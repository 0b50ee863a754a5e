// What two runs have in common.
ghost use Rattle.std.specs.Prelude.{◌≡◌, ◌↔◌, IsTrue};
ghost use Rattle.sw_world.specs.Body.{answers};
ghost use Rattle.sw_record.specs.Kept.{job_of};

use crate::Run;
use sw_text::Name;
use sw_values::Value;
use sw_world::{Config, Engine, Pairs};

/// Whether a run is of this text and this configuration. Takes no memory.
pub fn is_alike<E: Engine>(run: &Run<E>, text: &Name, config: &Config) -> bool
    ensures { IsTrue result ↔ ((run.now.run.text ≡ text.now) × (run.now.run.config ≡ config.now)) }
{
    run.text().same(text) && same_config(run.config(), config)
}

/// Whether two runs of one body have the same pairs. On the same answers it asks the same, so these alone are looked
/// at. Takes no memory.
pub fn has_same_pairs<E: Engine>(run: &Run<E>, other: &Run<E>) -> bool
    requires { job_of run.now ≡ job_of other.now }
    ensures pairs { IsTrue result ↔ (run.now.run.seen ≡ other.now.run.seen) }
    ensures end { IsTrue result → run.now.run.end ≡ other.now.run.end }
{
    let seen = run.seen();
    let others = other.seen();
    same_answers(seen, others)
}

fn same_answers(a: &Pairs, b: &Pairs) -> bool
    ensures { IsTrue result ↔ (answers a.now ≡ answers b.now) }
{
    if a.len() != b.len() {
        return false;
    }
    for at in 0..a.len() {
        if !a.pair(at).1.same(&b.pair(at).1) {
            return false;
        }
    }
    true
}

fn same_config(a: &Config, b: &Config) -> bool
    ensures { IsTrue result ↔ (a.now ≡ b.now) }
{
    same_entries(a.get().as_slice(), b.get().as_slice())
}

fn same_entries(a: &[(Name, Value)], b: &[(Name, Value)]) -> bool
    ensures { IsTrue result ↔ (a.now ≡ b.now) }
{
    if a.len() != b.len() {
        return false;
    }
    for i in 0..a.len() {
        if !same_entry(&a[i], &b[i]) {
            return false;
        }
    }
    true
}

fn same_entry(a: &(Name, Value), b: &(Name, Value)) -> bool
    ensures { IsTrue result ↔ (a.now ≡ b.now) }
{
    a.0.same(&b.0) && a.1.same(&b.1)
}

★ ★ ★

▸ HOW TO COMPLETE THIS TASK: Reproduce the material. Keep every word as written.

▸ EXERCISE ANSWER:
repository 0b50ee863a754a5e
// What two runs have in common.
ghost use Rattle.std.specs.Prelude.{◌≡◌, ◌↔◌, IsTrue};
ghost use Rattle.sw_world.specs.Body.{answers};
ghost use Rattle.sw_record.specs.Kept.{job_of};

use crate::Run;
use sw_text::Name;
use sw_values::Value;
use sw_world::{Config, Engine, Pairs};

/// Whether a run is of this text and this configuration. Takes no memory.
pub fn is_alike<E: Engine>(run: &Run<E>, text: &Name, config: &Config) -> bool
    ensures { IsTrue result ↔ ((run.now.run.text ≡ text.now) × (run.now.run.config ≡ config.now)) }
{
    run.text().same(text) && same_config(run.config(), config)
}

/// Whether two runs of one body have the same pairs. On the same answers it asks the same, so these alone are looked
/// at. Takes no memory.
pub fn has_same_pairs<E: Engine>(run: &Run<E>, other: &Run<E>) -> bool
    requires { job_of run.now ≡ job_of other.now }
    ensures pairs { IsTrue result ↔ (run.now.run.seen ≡ other.now.run.seen) }
    ensures end { IsTrue result → run.now.run.end ≡ other.now.run.end }
{
    let seen = run.seen();
    let others = other.seen();
    same_answers(seen, others)
}

fn same_answers(a: &Pairs, b: &Pairs) -> bool
    ensures { IsTrue result ↔ (answers a.now ≡ answers b.now) }
{
    if a.len() != b.len() {
        return false;
    }
    for at in 0..a.len() {
        if !a.pair(at).1.same(&b.pair(at).1) {
            return false;
        }
    }
    true
}

fn same_config(a: &Config, b: &Config) -> bool
    ensures { IsTrue result ↔ (a.now ≡ b.now) }
{
    same_entries(a.get().as_slice(), b.get().as_slice())
}

fn same_entries(a: &[(Name, Value)], b: &[(Name, Value)]) -> bool
    ensures { IsTrue result ↔ (a.now ≡ b.now) }
{
    if a.len() != b.len() {
        return false;
    }
    for i in 0..a.len() {
        if !same_entry(&a[i], &b[i]) {
            return false;
        }
    }
    true
}

fn same_entry(a: &(Name, Value), b: &(Name, Value)) -> bool
    ensures { IsTrue result ↔ (a.now ≡ b.now) }
{
    a.0.same(&b.0) && a.1.same(&b.1)
}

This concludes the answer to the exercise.